“I’ll tell them,” I promised.
His face twisted and he grunted in pain, clutching at his stomach. I stood, moving to the small table near the door. The bottle of valerian was all but gone. I pulled the stopper. “Might as well finish it off while it still helps.” I brought him the bottle and tipped it to his lips. He swallowed the last of it and I set the empty flask aside.
We sat and talked of old times, then, until he drifted off. I held his hand, watching his chest rise and fall, my James, my freckle-faced boy who taught me to charm horses, my first love. I wept in silence as his breath stilled and his hand fell slack in mine. I sat there a long time before I stood, settling his hand on his stomach in peaceful repose.
Goodbye.
I turned and stumbled toward the door, grasping the tiny vial in one hand. A sharp tug snapped the cord and I tossed the empty glass container onto the table. Tommy hesitated a moment before stepping aside to let me pass.
My voice, barely a whisper, belonged to someone else. “Can you help me bury him?”
We slipped from the city under cover of night, Valor bearing his solemn burden. Tommy and two of his boys led the way to a hidden passage, a smuggler’s channel along the riverside, barely tall enough to permit a horse to pass. Once outside the walls, the air seemed to open up around me. Moonlight scattered across the dry grass, painting the vast plain silver.

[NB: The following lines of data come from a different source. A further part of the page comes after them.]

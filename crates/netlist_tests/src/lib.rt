//! Tests of netlists: their order and evaluation, the readers of both formats, and the reports about ports.
#![tactic(auto)]

#[cfg(test)]
mod aiger_files;
#[cfg(test)]
mod blif_files;
#[cfg(test)]
mod compared;
#[cfg(test)]
mod generated;
#[cfg(test)]
mod graphs;
#[cfg(test)]
mod hier_files;
#[cfg(test)]
mod named_circuits;
#[cfg(test)]
mod printed;
#[cfg(test)]
mod reports;
#[cfg(test)]
mod words;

I chose a tree well away from the walls and the roads. There, we dug, navigating around roots until we managed a hole large enough to accept him. The lads helped me haul the canvas bundle that contained him into the grave. It was graceless and bitter and I hated every second of it, but it was the best I could do for him.
You deserved better.
Once the dirt had been replaced, Tommy and his boys retreated to wait at a discreet distance. I crouched over his lackluster resting place, hating myself. His face swam in my memory, that first encounter in the courtyard as he watched me struggling for the stirrup. I thought of his patient voice, his quick smile, his lips and his earnest eyes. It may have been merely a memory, but I smelled the lilies one last time as more tears streamed down my cheeks. I wished I had something to leave there, to mark the place where he lay. I’d not thought to bring anything. My arms, I needed. I’d nothing else.
I stood to take my leave and spotted a cluster of wild wheat growing nearby. The tiniest hint of light peeked through the dark abyss within. Cutting a handful of it with my knife, I used a strand of grass to bind it into a tiny sheaf and laid it upon the dirt mound at the foot of the tree. Above my head, moonlight shimmered on the few leaves that still clung to the branches on the cusp of winter.
“Take care of him,” I whispered, pressing one hand to her trunk.
I marked well the location of the tree, standing proud and solitary in the midst of the open field. There were many like it, and I feared I’d not be able to find it again, so I tore a strip from the hem of my tunic and knotted it tightly around a low-hanging branch. If I was ever able to return, it would serve as confirmation that I’d found him again. There was nothing more I could do.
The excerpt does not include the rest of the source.